Alignment Generation Commands autoalign Align multiple sequences using an already aligned sequence as a template.
fullAlignment Have CAT automatically select a set potential aligned sequences (using FASTA) as templates and then autoalign a specified sequence against each potential template.
findQueries Have CAT select a set of unaligned sequences (using FASTA) and then autoalign each unaligned sequence against a specified template sequence.
Analysis Commands evaluate Check the accuracy of the alignment of the given sequence or a set of sequences using sequence-based criteria and structure-based criteria. Percent complete and length can be calculated for the sequence(s) evaluated and the CRWDB updated if desired.
evalRunner A wrapper around the evaluate command. Its primary purposes are to:
  • Provide a simplified syntax for evaluating a set of aligned sequences against a single sequence in the alignment.
  • Directly update the CRWDB with computed values for Percent complete and Sequence Length when evaluation results meet specific thresholds.


Users should look to use the evalRunner command unless they need specific features from the evaluate command, which are not available in the evalRunner command.
consensus Calculate the consensus for either all or a selected subset of sequences from the "current" alignment. The consensus can be calculated across either all or a specified subset of columns from the "current" alignment.
identity Calculate the pairwise identity and overlap between sequences in a given alignment that are already aligned. This command can also search an alignment for sequences that have a given identity and/or overlap to a specified reference sequence.
calcBPFreqs Compute the base-pair frequency data in an alignment, across a given row set, given a reference set of secondary structure base-pairings.
calcNTFreqs Compute the nucleotide frequencies for all columns in an alignment, across a given row set.
calcInDels Count Insertion/Deletion events for a specified sequence with respect to a given reference sequence.
seqComps Compute the nucleotide compositions of sequences in an alignment.
checkAln Check the accuracy of the alignment of sequence computed using the autoalign command, assuming the given sequence is already correctly aligned in the alignment. Note: this command is useful for regression testing new parameters for the autoalign command.
Structure Manipulation/Generation Commands loadStructData Map secondary structure pairings for a specific row in an alignment.
templateDiagram Use this command to create a new secondary structure diagram (XRNA format) using an existing diagram as a template.
projectPairings Use this command to create new secondary structure pairing sets by projecting an existing set of secondary structure base pairs across a set of sequences. The pairings sets are output in BPSEQ, CT, RNAml, Bracket and Alden formats.
Genbank Commands checkAccGB Use this command to check if a sequence in an alignment also exists in GenBank. The check is performed using the NCBI Accession Number stored in the CRWDB for the sequence.
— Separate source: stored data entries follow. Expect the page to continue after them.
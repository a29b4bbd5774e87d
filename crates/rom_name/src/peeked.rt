//! A source of which the first message may be looked at.
ghost use Rattle.std.specs.Prelude.{◌≡◌, ◌≢◌, ◌⊎◌, ◌<◌, ◌≤◌, ◌++◌, ℕ, take, length, IfNone, IfSome, IsFalse, IsTrue, false};
ghost use Rattle.rom_model.specs.Faults.{FailedLast, StopsAtFault, counted};
ghost use Rattle.rom_text.specs.Limits.{CameToEnd};
ghost use Rattle.rom_text.specs.Streams.{is_idle};
ghost use Rattle.rom_frame.specs.Heads.{AreWords, head};
ghost use Rattle.rom_frame.specs.Messages.{IsCount, first_word};
ghost use Rattle.rom_frame.specs.declared.head.Head.{Head};
ghost use Rattle.rom_name.specs.Ends.{IsEndWhere, IsEndWhere-prop};

use byteorder::{ByteOrder, LittleEndian};
use rom_frame::{Head, Heard, MOST_BYTES, MessageKind, next_message, read_head};
use rom_text::{IoFailed, Source};
use std::snapshot::Snapshot;

/// What stands first in a stream.
#[derive(Clone, Copy, Debug, PartialEq, Eq)]
pub enum First {
    /// A head.
    Headed(Head),
    /// Bytes that are none.
    Headless,
    /// No byte.
    Empty,
    /// A read failed.
    Failed,
}

/// A source that gives bytes which were read already, and then those of another. What was seen of the other while
/// it was peeked into is told as if it were read now, so that nobody who reads on need know of it.
#[derive(Drop)]
pub struct Peeked<S: Source> {
    source: S,
    // The source before it was peeked into, for proofs alone.
    before: Snapshot<S>,
    // The bytes from `at` to `len` were read and not given.
    held: [u8; MOST_BYTES],
    at: usize,
    len: usize,
    // Whether the source came to its end while it was peeked into, which is yet to be told.
    pending: bool,
    // Whether the last read gave no byte.
    ended: bool,
    ghost within: { (at ≤ len) × (len ≤ 512) },
    ghost once: { IsTrue pending → S.shown.idle source ≡ counted (S.shown.idle before.value) },
    ghost last: { IsTrue pending → IsTrue (S.shown.ended source) },
    ghost at_end: { IsEndWhere pending (S.shown.left source) } by { IsEndWhere-prop pending (S.shown.left source) },
    ghost told: { IsTrue ended → IsTrue (S.shown.ended source) },
    ghost untold: { IsTrue pending → IsFalse ended },
}

impl<S: Source> Peeked<S> {
    ghost use Rattle.rom_name.specs.Peeked.{IsFirst, IsUnread, held_of, is_pending, shown_peeked, source_of};

    /// The source from its next byte on.
    pub fn over(source: S) -> Peeked<S>
        ensures source { source_of result ≡ source }
        ensures unread { IsUnread result }
        ensures left { (shown_peeked S.shown).left result ≡ S.shown.left source }
        ensures faults { (shown_peeked S.shown).faults result ≡ S.shown.faults source }
        ensures idle { (shown_peeked S.shown).idle result ≡ S.shown.idle source }
    {
        let before = Snapshot::of(&source);
        Peeked {
            source,
            before,
            held: [0; MOST_BYTES],
            at: 0,
            len: 0,
            pending: false,
            ended: false,
        }
    }

    /// The source. Bytes that were read and not given are lost.
    pub fn into_source(self) -> S
        ensures source { result ≡ source_of self }
        ensures faults { S.shown.faults result ≡ (shown_peeked S.shown).faults self }
        // If reads of this were made only so long as they gave some byte, so were those of the source.
        ensures asked_once { (idle : ℕ) →
            StopsAtFault idle ((shown_peeked S.shown).idle self) ((shown_peeked S.shown).ended self) →
            StopsAtFault idle (S.shown.idle result) (S.shown.ended result) }
        // Where the last read of this gave no byte, nor did that of the source.
        ensures failed { (idle : ℕ) →
            FailedLast idle ((shown_peeked S.shown).idle self) ((shown_peeked S.shown).ended self) →
            FailedLast idle (S.shown.idle result) (S.shown.ended result) }
    {
        let Peeked {
            source,
            before: _,
            held: _,
            at: _,
            len: _,
            pending: _,
            ended: _,
        } = self;
        source
    }

    // Gives bytes that it holds.
    fn give(&mut self, buf: &mut [u8]) -> u64
        requires some { self.old.at < self.old.len }
        requires room { 0 < length buf.old }
        ensures many { (0 < result) × (result ≤ length buf.new) }
        ensures bytes { held_of self.old ≡ take result buf.new ++ held_of self.new }
        ensures source { source_of self.new ≡ source_of self.old }
        ensures before { self.new.before ≡ self.old.before }
        ensures pending { is_pending self.new ≡ is_pending self.old }
        ensures ended { self.new.ended ≡ false }
    {
        let rest = &self.held[self.at..self.len];
        let count = rest.len().min(buf.len());
        buf[..count].copy_from_slice(&rest[..count]);
        self.at += count;
        self.ended = false;
        count as u64
    }

    // Notes that the first bytes of a block were read, and whether the source came to its end behind them.
    fn hold(&mut self, block: &[u8; MOST_BYTES], len: usize, at_end: bool)
        requires within { len ≤ 512 }
        requires once { IsTrue at_end →
            CameToEnd S.shown self.old.before.value (source_of self.old) }
        ensures held { held_of self.new ≡ take len block.now }
        ensures source { source_of self.new ≡ source_of self.old }
        ensures before { self.new.before ≡ self.old.before }
        ensures pending { is_pending self.new ≡ at_end }
    {
        self.held = *block;
        self.at = 0;
        self.len = len;
        self.pending = at_end;
        self.ended = false;
    }

    /// Looks at the first message of a stream of which nothing was read. A head is taken from it; anything else
    /// stays.
    pub fn take_first(&mut self) -> First
        requires { IsUnread self.old }
        ensures { IsFirst S.shown result self.old self.new }
    {
        let mut block = [0; MOST_BYTES];
        let heard = next_message(&mut self.source, 0, &mut block);
        if heard.kind == MessageKind::Failed {
            self.ended = true;
            return First::Failed;
        }
        if let Some(head) = head_in(&heard, &block) {
            return First::Headed(head);
        }
        self.hold(&block, heard.len, is_at_end(&heard, &block));
        if heard.len == 0 {
            First::Empty
        } else {
            First::Headless
        }
    }
}

/// The head that was heard, if one was.
fn head_in(heard: &Heard, block: &[u8; MOST_BYTES]) -> Option<Head>
    requires { heard.now.len ≤ 512 }
    ensures some { IfSome result (λ h. AreWords h × (take heard.now.len block.now ≡ head h)
        × (heard.now.kind ≡ MessageKind.Whole)) }
    ensures none { IfNone result (heard.now.kind ≡ MessageKind.Whole →
        (h : Head) → AreWords h → take heard.now.len block.now ≢ head h) }
{
    match heard.kind {
        MessageKind::Whole => read_head(&block[..heard.len]),
        _ => None,
    }
}

/// Whether a stream came to its end behind what was heard of it.
fn is_at_end(heard: &Heard, block: &[u8; MOST_BYTES]) -> bool
    ensures end { IsTrue result → (heard.now.kind ≡ MessageKind.End)
        ⊎ ((heard.now.kind ≡ MessageKind.Broken)
        × ((heard.now.len < 8) ⊎ IsCount (first_word block.now))) }
    ensures going { IsFalse result → (heard.now.kind ≢ MessageKind.End)
        × (heard.now.kind ≡ MessageKind.Broken →
        (8 ≤ heard.now.len) × (IsCount (first_word block.now) → ⊥)) }
{
    match heard.kind {
        MessageKind::End => true,
        MessageKind::Broken => {
            heard.len < 8 || (4..=64).contains(&LittleEndian::read_u64(&block[..8]))
        }
        _ => false,
    }
}

/// Whether a read gave no byte.
fn gave_none(answer: &Result<u64, IoFailed>) -> bool
    ensures { result ≡ is_idle answer.now }
{
    match answer {
        Ok(count) => *count == 0,
        Err(_) => true,
    }
}

impl<S: Source> Source for Peeked<S> {
    ghost use Rattle.rom_name.specs.Peeked.{shown_peeked};

    ghost shown = { shown_peeked S.shown };

    fn read(&mut self, buf: &mut [u8]) -> Result<u64, IoFailed> {
        if self.at < self.len {
            return Ok(self.give(buf));
        }
        if self.pending {
            self.pending = false;
            self.ended = true;
            return Ok(0);
        }
        let answer = self.source.read(buf);
        self.ended = gave_none(&answer);
        answer
    }
}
If the sequence exists in GenBank, the command can update the Available field in the CRWDB. Note: This command uses NCBI eUtils and Web Services to query Genbank remotely, in contrast to the rest of the commands in this section which require a local copy of Genbank.
checkGBHits Use this command to crosscheck against the CRWDB a set of sequences identified by searching a copy of Genbank that is co-located on the same server from which CAT is invoked.
getGBEntries Use this command to retrieve Genbank entries by locus from a copy of Genbank that is co-located on the same server from which CAT is invoked.
manageGenbank Use this command to manipulate a copy of Genbank that is co-located on the same server from which CAT is invoked.
searchGenbank Use this command to search a copy of Genbank that is co-located on the same server from which CAT is invoked using FASTA.
alnGBSearch Use this command to create a new AE2-formatted alignment from a set of Genbank entries obtained with the searchGenbank command.